=== Exercise inputs ===

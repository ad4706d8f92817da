use super::{Eight, Refused, first_difference, folded_sum};
use recon_crc::crc32c;

/// The CRC-32C of the digits from 1 to 9, as it is published.
const DIGITS_SUM: u32 = 0xE306_9283;

#[test]
fn least_difference_of_two_blocks(rt: HostRuntime) {
    let mut other = [7; 70];
    other[63] = 8;
    other[69] = 8;
    assert_eq!(rt; first_difference(&[7; 70], &other), Some(63));
    assert_eq!(rt; first_difference(&[], &[]), None);
}

#[test]
fn a_long_run_has_the_sum_of_the_tables(rt: HostRuntime) {
    let mut bytes = [0; 10_000];
    for place in 0..10_000 {
        bytes[place] = (place % 251) as u8;
    }
    for len in [0, 9, 1023, 1024, 1025, 4513, 4514, 4515, 8610, 10_000] {
        assert_eq!(rt; folded_sum(&bytes[..len]), crc32c(&bytes[..len]));
    }
}

#[test]
fn three_blocks_have_three_sums(rt: HostRuntime) {
    let mut eight = Eight::new(9);
    assert_eq!(rt; eight.push(b"123456789"), Ok(()));
    assert_eq!(rt; eight.push(b"123456789"), Ok(()));
    assert_eq!(rt; eight.push(b"123456789"), Ok(()));
    let sums = eight.sums();
    assert_eq!(rt; sums.count, 3);
    assert_eq!(rt;
        sums.sums,
        [DIGITS_SUM, DIGITS_SUM, DIGITS_SUM, 0, 0, 0, 0, 0]
    );
}

#[test]
fn the_ninth_is_refused(rt: HostRuntime) {
    let mut eight = Eight::new(9);
    for _ in 0..8 {
        assert_eq!(rt; eight.push(b"123456789"), Ok(()));
    }
    let before = eight.sums();
    assert_eq!(rt; before.sums, [DIGITS_SUM; 8]);
    assert_eq!(rt; eight.push(b"987654321"), Err(Refused));
    assert_eq!(rt; eight.sums(), before);
    eight.clear();
    assert_eq!(rt; eight.sums().count, 0);
}
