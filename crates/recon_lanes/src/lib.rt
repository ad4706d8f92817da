//! Kernels in lanes: the first place where two blocks differ, the checksum of a block, and those of up to eight.
#![tactic(auto)]

mod difference;
mod eight;
mod folded;

pub use difference::first_difference;
pub use eight::{Eight, EightSums, Refused};
pub use folded::folded_sum;

#[cfg(test)]
mod tests;
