//! Up to eight blocks of one length, lent, and their checksums.

ghost use Rattle.std.specs.Prelude.{◌≡◌, ℕ, ◌<◌, ◌≤◌, ◌++◌, [], ◌∷◌, length, slice_index_or, OnOk, OnErr};
ghost use Rattle.recon_crc.specs.Checksum.{crc32c_of};
ghost use Rattle.recon_lanes.specs.Lent.{Lent, eight_sums, with_block};

use crate::folded::folded_sum;
use std::marker::Model;

/// Up to eight blocks of one length, which are lent and not copied.
#[derive(Drop)]
pub struct Eight<'a> {
    size: usize,
    count: u8,
    blocks: [&'a [u8]; 8],
}

impl<'a> Model for Eight<'a> {
    ghost use Rattle.std.specs.Prelude.{ℕ, List, ◌≤◌, take, map};
    ghost use Rattle.recon_lanes.specs.Lent.{Lent};

    ghost Value = { Lent };

    ghost view = { λ e. record { size = e.size; blocks = take e.count (map (λ b. b.now) e.blocks) } };

    ghost invariant = { λ e. e.count ≤ 8 };
}

/// Why a block was not taken: eight stand.
#[derive(Clone, Copy, Debug, PartialEq, Eq, Drop)]
pub struct Refused;

/// The checksums of up to eight blocks.
#[derive(Clone, Copy, Debug, PartialEq, Eq, Drop)]
pub struct EightSums {
    /// How many blocks there are.
    pub count: u8,
    /// The CRC-32C of each block in order. Places from `count` on are 0.
    pub sums: [u32; 8],
}

impl<'a> Eight<'a> {
    /// No block yet. Each that comes has `len` bytes.
    pub fn new(len: usize) -> Eight<'a>
        ensures { result ≡ record { size = len; blocks = [] } }
    {
        Eight {
            size: len,
            count: 0,
            blocks: [&[]; 8],
        }
    }

    /// Takes one more block behind those that stand. `Refused` comes exactly where eight stand, and then
    /// all stays as it was.
    pub fn push(&mut self, block: &'a [u8]) -> Result<(), Refused>
        requires { length block.now ≡ self.old.size }
        ensures takes { OnOk result ((length self.old.blocks < 8)
            × (self.new ≡ with_block self.old block.now)) }
        ensures full { OnErr result ((length self.old.blocks ≡ 8) × (self.new ≡ self.old)) }
    {
        if self.count == 8 {
            return Err(Refused);
        }
        self.blocks[self.count as usize] = block;
        self.count += 1;
        Ok(())
    }

    /// How many blocks there are, and the checksum of each in order.
    pub fn sums(&self) -> EightSums
        ensures most { length self.now.blocks ≤ 8 }
        ensures count { result.count ≡ length self.now.blocks }
        ensures sums { result.sums ≡ eight_sums self.now.blocks }
    {
        let count = self.standing();
        let mut sums = [0; 8];
        for place in 0..count as usize {
            sums[place] = self.sum_at(place);
        }
        EightSums { count, sums }
    }

    /// Gives all blocks back. The length of a block stays.
    pub fn clear(&mut self)
        ensures { self.new ≡ record { size = self.old.size; blocks = [] } }
    {
        self.count = 0;
    }

    /// How many blocks stand.
    #[tactic(auto, using(crate::proofs::Eights::counted))]
    fn standing(&self) -> u8
        ensures count { result ≡ length self.now.blocks }
        ensures most { result ≤ 8 }
    {
        self.count
    }

    /// The checksum of the block at `place`.
    fn sum_at(&self, place: usize) -> u32
        requires stands { place < length self.now.blocks }
        requires few { place < 8 }
        ensures { result ≡ crc32c_of (slice_index_or self.now.blocks place []) }
    {
        folded_sum(self.blocks[place])
    }
}
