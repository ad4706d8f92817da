//! Where two blocks of bytes differ.

ghost use Rattle.std.specs.Prelude.{◌≡◌, ℕ, Bool, true, ◌+◌, ◌≤◌, ◌<◌, length, slice_index};
ghost use Rattle.recon_lanes.specs.Difference.{AreEqualBelow, differs_at, least_difference};

use std::simd::prelude::*;

/// The bytes that are compared in one step of a loop over bytes, which the compiler turns into lanes.
const WIDE: usize = 1024;

/// The bytes that are compared in one step where fewer are left.
const LANES: usize = 64;

/// The least place at which `b`, which is as long as `a`, differs from it, counted in bytes from their
/// start; `None` exactly where they are equal.
#[tactic(auto, using(crate::proofs::Steps::difference_steps))]
pub fn first_difference(a: &[u8], b: &[u8]) -> Option<usize>
    requires { length b.now ≡ length a.now }
    ensures { result ≡ least_difference a.now b.now }
{
    for place in equal_front(a, b)..a.len() {
        if a[place] != b[place] {
            return Some(place);
        }
    }
    None
}

/// A number of bytes from the start on in which the two are equal: all whole steps before the first
/// that has a difference.
fn equal_front(a: &[u8], b: &[u8]) -> usize
    requires { length b.now ≡ length a.now }
    ensures within { result ≤ length a.now }
    ensures equal { AreEqualBelow a.now b.now result }
{
    let mut front = wide_front(a, b);
    while a.len() - front >= LANES && equal_lanes(&a[front..], &b[front..]) {
        front += LANES;
    }
    front
}

/// The same, of wide steps alone.
fn wide_front(a: &[u8], b: &[u8]) -> usize
    requires { length b.now ≡ length a.now }
    ensures within { result ≤ length a.now }
    ensures equal { AreEqualBelow a.now b.now result }
{
    let mut front = 0;
    while a.len() - front >= WIDE && are_equal_wide(&a[front..], &b[front..]) {
        front += WIDE;
    }
    front
}

/// Whether the first bytes of the two, as many as a wide step has, are equal.
fn are_equal_wide(a: &[u8], b: &[u8]) -> bool
    requires a { 1024 ≤ length a.now }
    requires b { 1024 ≤ length b.now }
    ensures { result ≡ true → AreEqualBelow a.now b.now 1024 }
{
    let mut different = 0;
    for place in 0..WIDE {
        different |= a[place] ^ b[place];
    }
    different == 0
}

/// Whether the first bytes of the two, as many as there are lanes, are equal.
#[inline(always)]
fn equal_lanes(a: &[u8], b: &[u8]) -> bool
    requires a { 64 ≤ length a.now }
    requires b { 64 ≤ length b.now }
    ensures { result ≡ true → AreEqualBelow a.now b.now 64 }
{
    u8x64::from_slice(a)
        .simd_ne(u8x64::from_slice(b))
        .to_bitmask()
        == 0
}
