//! The checksum of a run of bytes, most of which are added to those behind them before any goes through a table.

ghost use Rattle.std.specs.Prelude.{◌≡◌, ℕ, ◌≤◌, ◌<◌, length, slice_index};
ghost use Rattle.recon_crc.specs.Checksum.{crc32c_of};
ghost use Rattle.recon_lanes.specs.Folded.{Folds, inverted, laid, window};

use recon_crc::crc32c;

/// The last place to which a byte is sent lies so far behind it.
const REACH: usize = 418;

/// So many bytes are sent on at a time.
const TURN: usize = 4096;

/// From so many bytes on it is faster to send them on.
const LONG: usize = 1024;

/// The CRC-32C of the bytes, as `recon_crc::crc32c` gives it, and faster for some thousands of them. It takes no memory.
///
/// The polynomial of the checksum divides 1 + x^224 + x^624 + x^864 + x^2304 + x^3344. So a byte may be taken away if it is added, by
/// xor, 130, 310, 340, 390 and 418 bytes behind its place. That is done in lanes to all but the last 418 bytes, and only these go through
/// the tables.
pub fn folded_sum(bytes: &[u8]) -> u32
    ensures { result ≡ crc32c_of bytes.now }
{
    if bytes.len() < LONG {
        return crc32c(bytes);
    }
    let mut buffer = [0; REACH + TURN];
    invert(&mut buffer);
    let mut rest = bytes;
    while rest.len() >= REACH + TURN {
        let (turn, behind) = rest.split_at(TURN);
        send(&mut buffer, turn);
        keep_last(&mut buffer);
        rest = behind;
    }
    let last = rest.len() - REACH;
    send(&mut buffer, &rest[..last]);
    crc32c(&last_bytes(&buffer[last..last + REACH], &rest[last..]))
}

/// Inverts the first four bytes: where the register starts at all ones, that is as if it started at 0.
fn invert(bytes: &mut [u8])
    requires { 4 ≤ length bytes.old }
    ensures { bytes.new ≡ inverted bytes.old }
{
    bytes[0] ^= 255;
    bytes[1] ^= 255;
    bytes[2] ^= 255;
    bytes[3] ^= 255;
}

/// Sends each byte on to five places behind it. What the bytes before the first send stands in the front of the buffer, and what is
/// taken away stands behind that.
fn send(buffer: &mut [u8; 4514], bytes: &[u8])
    requires bytes { (place : ℕ) → slice_index buffer.old place < 256 }
    requires few { length bytes.now ≤ 4096 }
    ensures { Folds buffer.old buffer.new bytes.now (length bytes.now) }
{
    for i in 0..bytes.len() {
        buffer[REACH + i] = bytes[i]
            ^ buffer[288 + i]
            ^ buffer[108 + i]
            ^ buffer[78 + i]
            ^ buffer[28 + i]
            ^ buffer[i];
    }
}

/// Puts the last bytes of the buffer to its front, as many as send something on still.
fn keep_last(buffer: &mut [u8; 4514])
    requires { (place : ℕ) → slice_index buffer.old place < 256 }
    ensures last { window buffer.new 0 ≡ window buffer.old 4096 }
    ensures bytes { (place : ℕ) → slice_index buffer.new place < 256 }
{
    buffer.copy_within(TURN.., 0);
}

/// The last bytes, with what those before them send to their places. The first four are inverted, since the register starts at all ones
/// here too.
fn last_bytes(before: &[u8], bytes: &[u8]) -> [u8; 418]
    requires before { length before.now ≡ 418 }
    requires bytes { length bytes.now ≡ 418 }
    ensures { result ≡ laid (inverted before.now) bytes.now }
{
    let mut wide = [0; 2 * REACH];
    wide[..REACH].copy_from_slice(before);
    invert(&mut wide);
    with_sent(&wide, bytes)
}

/// The bytes, with what those before them send to their places.
fn with_sent(before: &[u8; 836], bytes: &[u8]) -> [u8; 418]
    requires { length bytes.now ≡ 418 }
    ensures { result ≡ laid before.now bytes.now }
{
    let mut sums = [0; REACH];
    for i in 0..REACH {
        sums[i] = bytes[i]
            ^ before[288 + i]
            ^ before[108 + i]
            ^ before[78 + i]
            ^ before[28 + i]
            ^ before[i];
    }
    sums
}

===

Problem to solve: Please show every line of the records that holds the word "AreEqualBelow".

Result of the exercise:
ghost use Rattle.recon_lanes.specs.Difference.{AreEqualBelow, differs_at, least_difference};
    ensures equal { AreEqualBelow a.now b.now result }
    ensures equal { AreEqualBelow a.now b.now result }
    ensures { result ≡ true → AreEqualBelow a.now b.now 1024 }
    ensures { result ≡ true → AreEqualBelow a.now b.now 64 }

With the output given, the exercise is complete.